Semiconductor wafer fabrication processes frequently involve etching to remove a material. For example, semiconductor fabrication processes can include etching through an insulative material to form a contact opening to an electrical node underlying the insulative material. Semiconductive wafer fabrication processes can also include, for example, etching through conductive materials, and/or etching through semiconductive materials.
An example prior art etch process is described with reference to FIGS. 1-4. Referring to FIG. 1, a semiconductive wafer fragment 10 comprises a substrate 12 and three electrical components, 14, 16 and 18, overlying substrate 12. Component 14 can comprise, for example, a substrate diffusion region, and components 16 and 18 can comprise, for example, conductive lines. Substrate 12 can comprise, for example, monocrystalline silicon lightly doped with a background p-type dopant. To aid in interpretation of the claims that follow, the term "semiconductor substrate" is defined to mean any construction comprising semiconductive material, including, but not limited to, bulk semiconductive materials such as a semiconductive wafer (either alone or in assemblies comprising other materials thereon), and semiconductive material layers (either alone or assemblies comprising other materials). The term "substrate" refers to any supporting structure, including, but not limited to, the semiconductor substrates described above.
An electrically insulative material 20 is provided over electrical components 14, 16, and 18. Insulative material 20 can comprise, for example, borophosphosilicate glass (BPSG).
Etch stop caps 22 and 24 are provided over conductive components 16 and 18, respectively. Etch stops caps 22 and 24 comprise a material which is selectively etchable relative to insulative material 20. If insulative material 20 comprises BPSG, the etch stop material can comprise, for example, silicon nitride.
A patterned photoresist 26 is provided over insulative material 20 and defines a plurality of locations 28 wherein openings are to be etched through insulative material 20. The openings are intended to expose conductive component 14, and etch stop caps 22 and 24. The openings are not intended to extend through caps 22 and 24.

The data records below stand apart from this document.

// Going on from the places that are executed to those that these execute, round by round.
// Assumes nothing.
ghost use Rattle.std.specs.Prelude.{◌≡◌, ◌<◌, ℕ};
ghost use Rattle.link_checks.specs.Pairs.{mark_at, pair_in};
ghost use Rattle.link_checks.specs.Rounds.{go_on, gone_on};

use crate::executed::PLACES;
use std::array;

// whether a place is marked, or a marked one executes it
fn is_next(marks: &[bool; PLACES], pairs: &[[bool; PLACES]; PLACES], j: usize) -> bool
    requires { j < PLACES }
    ensures { result ≡ go_on (pair_in pairs.now) PLACES (mark_at marks.now) j }
{
    marks[j]
        || marks
            .iter()
            .zip(pairs)
            .any(|(marked, row)| *marked && row[j])
}

// the marks behind one round more
fn next_marks(marks: &[bool; PLACES], pairs: &[[bool; PLACES]; PLACES]) -> [bool; PLACES]
    ensures { (j : ℕ) → j < PLACES → mark_at result j ≡ go_on (pair_in pairs.now) PLACES (mark_at marks.now) j }
{
    array::from_fn(|j| is_next(marks, pairs, j))
}

// whether place i is executed by those that it executes, in so many rounds: as many as there are routines are enough
// kept: rounds as many as routines, which 12's definition has: PLACES rounds would be 17 times the work for a deck of one routine
pub fn comes_back(pairs: &[[bool; PLACES]; PLACES], rounds: usize, i: usize) -> bool
    requires { i < PLACES }
    ensures { result ≡ gone_on rounds (pair_in pairs.now) PLACES (pair_in pairs.now i) i }
{
    let mut marks = pairs[i];
    for _round in 0..rounds {
        marks = next_marks(&marks, pairs);
    }
    marks[i]
}
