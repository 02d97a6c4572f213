// Labels and routines declared, looked up by their keys.
// Assumes nothing.
ghost use Rattle.std.specs.Prelude.{◌≡◌};
ghost use Rattle.std.specs.List.{list_any, zip};
ghost use Rattle.link_checks.specs.Lost.{has_label, is_lost};

use symbols::known::Known;
use symbols::tags::Purpose;

// whether a label is declared in a scope: a routine by its key, 0 outside all
// kept: a use's parts come apart, here and below, since symbols keeps them in columns
fn has_label(known: &Known, key: u64, scope: u64) -> bool
    ensures { result ≡ has_label known.now key scope }
{
    known
        .labels
        .iter()
        .any(|label| label.key == key && label.scope == scope)
}

// whether a use is of a label that its scope does not have, or of a routine that is not declared
pub fn is_lost(known: &Known, key: u64, scope: u64, purpose: Purpose) -> bool
    ensures { result ≡ is_lost known.now key scope purpose }
{
    match purpose {
        Purpose::Label => !has_label(known, key, scope),
        Purpose::Routine => !known.has_routine(key),
        Purpose::Program | Purpose::Number | Purpose::String => false,
    }
}

// whether one of some uses is lost so
pub(crate) fn loses_any(known: &Known, keys: &[u64], scopes: &[u64], purposes: &[Purpose]) -> bool
    ensures { result ≡ list_any (λ u. is_lost known.now u.0.0 u.0.1 u.1) (zip (zip keys.now scopes.now) purposes.now) }
{
    keys.iter().zip(scopes).zip(purposes).any(|((key, scope), purpose)| is_lost(
        known, *key, *scope, *purpose,
    ))
}
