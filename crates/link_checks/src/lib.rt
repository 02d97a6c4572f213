// 11 and 12 of a deck whose statements passed: whether labels and routines used are defined, and whether a routine executes itself.
// Assumes nothing.
#![tactic(auto)]

pub mod defined;
pub mod executed;
pub mod rounds;

ghost use Rattle.std.specs.Prelude.{false, ◌≡◌};
ghost use Rattle.link_checks.specs.Held.{Closable, held_in};
ghost use Rattle.validation.specs.Deck.{is11, is12};

use defined::loses_any;
use executed::executed_pairs;
use rounds::comes_back;
use symbols::known::Symbols;

// 11: whether a label or routine used is undefined, or a branch crosses a routine's border
pub fn undefined_or_crossing(symbols: &Symbols) -> bool
    requires { Closable symbols.now }
    ensures { result ≡ is11 (held_in symbols.now) }
{
    let uses = &symbols.uses;
    let count = uses.count;
    loses_any(
        &symbols.known,
        &uses.keys[..count],
        &uses.scopes[..count],
        &uses.purposes[..count],
    )
}

// 12: whether a routine executes itself, directly or through others; of a deck that 11 does not turn down
pub fn executes_itself(symbols: &Symbols) -> bool
    requires { Closable symbols.now }
    ensures { is11 (held_in symbols.now) ≡ false → result ≡ is12 (held_in symbols.now) }
{
    let count = symbols.known.routines.len();
    let executed = executed_pairs(symbols);
    (0..count).any(|i| comes_back(&executed, count, i))
}
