//! Messages through a slot queue.
ghost use Rattle.std.specs.Prelude.{◌≡◌, ◌≤◌, [], IsTrue};
ghost use Rattle.slot_queue.specs.Rising.{IsRising};

use cs_base::no_memory::NoMemory;
use cs_base::port_kind::PortKind;
use cs_base::time::Time;
use sb_intro::expected;
use sb_message::{Body, Msg};
use slot_queue::{Consumer, Producer, SlotQueue};
use std::alloc::Global;
use std::sync::Wait;
use std::thread;
use std::thread::Threads;

// Opens the stream with an introduction, and takes it out.
fn open(queue: &SlotQueue, producer: &mut Producer, consumer: &mut Consumer) -> bool
    requires { (producer.old.queue ≡ queue.now.name) × (producer.old.sent ≡ []) ×
        (consumer.old.queue ≡ queue.now.name) }
    ensures names { (producer.new.queue ≡ queue.now.name) × (consumer.new.queue ≡ queue.now.name) }
    ensures rising { IsTrue result → IsRising producer.new.kind producer.new.sent 1 }
{
    let intro = expected(PortKind::Eth, Time(500), Time(500));
    let m = Msg {
        at: Time(0),
        body: Body::Intro(intro),
    };
    let sent = match queue.push(producer, m) {
        Ok(()) => true,
        Err(_) => false,
    };
    take(queue, consumer);
    sent
}

// Sends a null message, if there is room.
fn offer(queue: &SlotQueue, end: &mut Producer) -> bool
    requires { (end.old.queue ≡ queue.now.name) × IsRising end.old.kind end.old.sent 1 }
    ensures { (end.new.queue ≡ queue.now.name) × IsRising end.new.kind end.new.sent 1 }
{
    let m = Msg {
        at: Time(1),
        body: Body::Sync,
    };
    match queue.push(end, m) {
        Ok(()) => true,
        Err(_) => false,
    }
}

// Receives a message, if there is one, and gives its timestamp, or 0.
fn take(queue: &SlotQueue, end: &mut Consumer) -> u64
    requires { end.old.queue ≡ queue.now.name }
    ensures { end.new.queue ≡ queue.now.name }
{
    match queue.pop(end) {
        Some(m) => m.at.picoseconds(),
        None => 0,
    }
}

// Passes messages on one thread, and says how many came out.
fn pass(queue: &SlotQueue, producer: &mut Producer, consumer: &mut Consumer, count: u32) -> u64
    requires { (producer.old.queue ≡ queue.now.name) × (consumer.old.queue ≡ queue.now.name) ×
        IsRising producer.old.kind producer.old.sent 1 }
{
    let mut passed = 0u64;
    for _ in 0..count {
        offer(queue, producer);
        passed = passed.wrapping_add(take(queue, consumer));
    }
    passed
}

/// Each message is sent and then received.
pub fn queue_through(alloc: Global, slots: u32, count: u32) -> Result<u64, NoMemory>
    requires { (1 ≤ slots) × (slots ≤ 1024) }
{
    let (queue, mut producer, mut consumer) = SlotQueue::new(alloc, slots, PortKind::Eth)?;
    if !open(&queue, &mut producer, &mut consumer) {
        return Ok(0);
    }
    Ok(pass(&queue, &mut producer, &mut consumer, count))
}

// Sends all messages.
fn produce(rt: &impl Wait, queue: &SlotQueue, end: Producer, count: u32)
    requires { (end.queue ≡ queue.now.name) × IsRising end.kind end.sent 1 }
{
    let mut end = end;
    let mut sent = 0;
    for _ in rt.forever() {
        if sent >= count {
            return;
        }
        if offer(queue, &mut end) {
            sent += 1;
        } else {
            thread::yield_now();
        }
    }
}

// Receives all messages, and says how many there were.
fn consume(rt: &impl Wait, queue: &SlotQueue, end: Consumer, count: u32) -> u64
    requires { end.queue ≡ queue.now.name }
{
    let mut end = end;
    let mut received = 0u64;
    for _ in rt.forever() {
        if received >= u64::from(count) {
            return received;
        }
        match take(queue, &mut end) {
            0 => thread::yield_now(),
            _ => received = received.saturating_add(1),
        }
    }
    unreachable!()
}

// One thread sends and another receives.
fn across<R: Threads + Wait + Sync>(
    rt: &R,
    queue: &SlotQueue,
    producer: Producer,
    consumer: Consumer,
    count: u32,
) -> u64
    requires { (producer.queue ≡ queue.now.name) × (consumer.queue ≡ queue.now.name) ×
        IsRising producer.kind producer.sent 1 }
{
    let (_, received) = thread::join(
        rt,
        move ||
            requires { (producer.queue ≡ queue.now.name) × IsRising producer.kind producer.sent 1 }
        { produce(rt, queue, producer, count) },
        move || -> u64
            requires { consumer.queue ≡ queue.now.name }
        { consume(rt, queue, consumer, count) },
    );
    received
}

/// One thread sends all messages, and another receives them.
pub fn queue_between<R: Threads + Wait + Sync>(
    rt: &R,
    alloc: Global,
    slots: u32,
    count: u32,
) -> Result<u64, NoMemory>
    requires { (1 ≤ slots) × (slots ≤ 1024) }
{
    let (queue, mut producer, mut consumer) = SlotQueue::new(alloc, slots, PortKind::Eth)?;
    if !open(&queue, &mut producer, &mut consumer) {
        return Ok(0);
    }
    Ok(across(rt, &queue, producer, consumer, count))
}
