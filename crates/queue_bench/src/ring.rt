//! Messages through `rtrb`.

use cs_base::time::Time;
use rtrb::{Consumer, Producer, RingBuffer};
use sb_message::{Body, Msg};
use std::alloc::{AllocError, Global};
use std::sync::Wait;
use std::thread;
use std::thread::Threads;

// Sends a null message, if there is room.
fn offer(end: &mut Producer<Msg>) -> bool {
    let m = Msg {
        at: Time(1),
        body: Body::Sync,
    };
    match end.push(m) {
        Ok(()) => true,
        Err(_) => false,
    }
}

// Receives a message, if there is one, and gives its timestamp, or 0.
fn take(end: &mut Consumer<Msg>) -> u64 {
    match end.pop() {
        Ok(m) => m.at.picoseconds(),
        Err(_) => 0,
    }
}

/// Each message is sent and then received.
pub fn ring_through(alloc: Global, slots: u32, count: u32) -> Result<u64, AllocError> {
    let (mut producer, mut consumer) = RingBuffer::new(alloc, slots as usize)?;
    let mut passed = 0u64;
    for _ in 0..count {
        offer(&mut producer);
        passed = passed.wrapping_add(take(&mut consumer));
    }
    Ok(passed)
}

// Sends all messages.
fn produce(rt: &impl Wait, end: Producer<Msg>, count: u32) {
    let mut end = end;
    let mut sent = 0;
    for _ in rt.forever() {
        if sent >= count {
            return;
        }
        if offer(&mut end) {
            sent += 1;
        } else {
            thread::yield_now();
        }
    }
}

// Receives all messages, and says how many there were.
fn consume(rt: &impl Wait, end: Consumer<Msg>, count: u32) -> u64 {
    let mut end = end;
    let mut received = 0u64;
    for _ in rt.forever() {
        if received >= u64::from(count) {
            return received;
        }
        match take(&mut end) {
            0 => thread::yield_now(),
            _ => received = received.saturating_add(1),
        }
    }
    unreachable!()
}

/// One thread sends all messages, and another receives them.
pub fn ring_between<R: Threads + Wait + Sync>(
    rt: &R,
    alloc: Global,
    slots: u32,
    count: u32,
) -> Result<u64, AllocError> {
    let (producer, consumer) = RingBuffer::new(alloc, slots as usize)?;
    let (_, received) = thread::join(
        rt,
        move || { produce(rt, producer, count) },
        move || -> u64 { consume(rt, consumer, count) },
    );
    Ok(received)
}
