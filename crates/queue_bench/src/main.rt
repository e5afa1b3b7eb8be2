//! Times messages through a slot queue, and the same messages through the ring of `rtrb`, on one thread and between two.
#![tactic(auto)]

mod ring;
mod slots;

use ring::{ring_between, ring_through};
use slots::{queue_between, queue_through};
use std::alloc::Global;
use std::sync::Wait;
use std::thread::Threads;
use std::time::Instant;
use std::{env, io};

/// Slots of the queue and places of the ring.
const SLOTS: u32 = 64;

/// Measurements of which the fastest counts.
const ROUNDS: u32 = 3;

#[derive(Clone, Copy)]
enum Way {
    QueueAlone,
    RingAlone,
    QueueBetween,
    RingBetween,
}

impl Way {
    fn name(self) -> &'static str {
        match self {
            Way::QueueAlone => "slot queue, one thread",
            Way::RingAlone => "rtrb, one thread",
            Way::QueueBetween => "slot queue, two threads",
            Way::RingBetween => "rtrb, two threads",
        }
    }

    /// Passes so many messages, and says how many came out. None where memory is wanting.
    fn pass<R: Threads + Wait + Sync>(self, rt: &R, alloc: Global, count: u32) -> Option<u64> {
        match self {
            Way::QueueAlone => queue_through(alloc, SLOTS, count).ok(),
            Way::RingAlone => ring_through(alloc, SLOTS, count).ok(),
            Way::QueueBetween => queue_between(rt, alloc, SLOTS, count).ok(),
            Way::RingBetween => ring_between(rt, alloc, SLOTS, count).ok(),
        }
    }
}

/// One line: the nanoseconds of a message, by the fastest of some measurements.
fn report<R: Threads + Wait + Sync>(
    host: &HostRuntime,
    rt: &R,
    way: Way,
    count: u32,
) -> io::Result<()> {
    let mut best = u64::MAX;
    let mut passed = None;
    for _ in 0..ROUNDS {
        let began = Instant::now(host)?;
        passed = way.pass(rt, host.alloc(), count);
        let took = u64::try_from(began.elapsed(host)?.as_nanos()).unwrap_or(u64::MAX);
        best = best.min(took);
    }
    let each = best.checked_div(u64::from(count)).unwrap_or(0);
    let name = way.name();
    match passed {
        Some(passed) => println!(host; "{name}: {passed} messages, {each} ns a message"),
        None => println!(host; "{name}: no memory"),
    }
}

fn main(rt: HostRuntime) -> io::Result<()> {
    for word in env::args(&rt)?.skip(1) {
        let Ok(count) = word.as_str().parse::<u32>() else {
            continue;
        };
        report(&rt, &rt, Way::QueueAlone, count)?;
        report(&rt, &rt, Way::RingAlone, count)?;
        report(&rt, &rt, Way::QueueBetween, count)?;
        report(&rt, &rt, Way::RingBetween, count)?;
    }
    Ok(())
}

Referring to FIG. 2, an etch is conducted to remove material 20 from locations 28. If material 20 comprises BPSG, such etch can comprise, for example, a plasma etch utilizing CF.sub.4 /CHF.sub.3. The etch is intended to be selective for material 20 relative to photoresist 26, and relative to etch stop caps 22 and 24. However, even a highly selective etch will remove some of the material of caps 22 and 24, and some of photoresist 26, during removal of material 20.
Etch depth is typically estimated from the duration of an etch. Such estimation leaves uncertainty as to when exactly the etch reaches component 14. Accordingly, the duration of the etch is generally allowed to be somewhat longer than that estimated to be necessary for reaching component 14, to ensure that component 14 is in fact actually reached. However, detrimental effects can occur if the etch duration is too long.
Referring to FIG. 3, wafer fragment 10 is illustrated after too long of an etch duration. Such etch duration has caused an overetch into component 14, and has undesirably removed photoresist layer 26 (FIG. 2). After removal of photoresist layer 26, portions of layer 20 that were intended to be protected by photoresist layer 26 are undesirably subjected to etching. This results in an undesired reduction in thickness of such portions of layer 20. Also, the too long duration of the etch has undesirably resulted in etching through layers 22 and 24 to expose components 16 and 18.
It would be desirable to avoid the detrimental effects illustrated in FIG. 3. Accordingly, it would be desirable to develop new methods for determining etch rate in situ, and for ascertaining when an etch has reached a particular depth within a material.
FIG. 4 illustrates a semiconductive wafer 30 which can comprise wafer fragment 10. Wafer 30 has a center region 32 and an edge region 34. Typically, an etch process will comprise etching within both of regions 32 and 34, as well as etching within portions of wafer 30 between regions 32 and 34. A difficulty occurs in maintaining a uniform etch rate in edge region 34 relative to center region 32. The uniformity of the etch rate in region 32 relative to that in region 34 is referred to as "center-to-edge uniformity".
Presently, the center-to-edge uniformity of an etch process is estimated prior to the etching process, and then determined from measurements taken after the etching process. Accordingly, there is uncertainty regarding the center-to-edge uniformity during the etch process. To compensate for the uncertainty regarding the center-to-edge uniformity, etch processes are typically conducted for durations longer than what is necessary to reach a desired level within an etched material. Such long etch durations can cause the detrimental effects shown in FIG. 3. Accordingly, it would be desirable to develop methods for reducing uncertainties regarding center-to-edge uniformity during etch processes. Specifically, it would be desirable to develop methods for ascertaining center-to-edge uniformity during etch processes.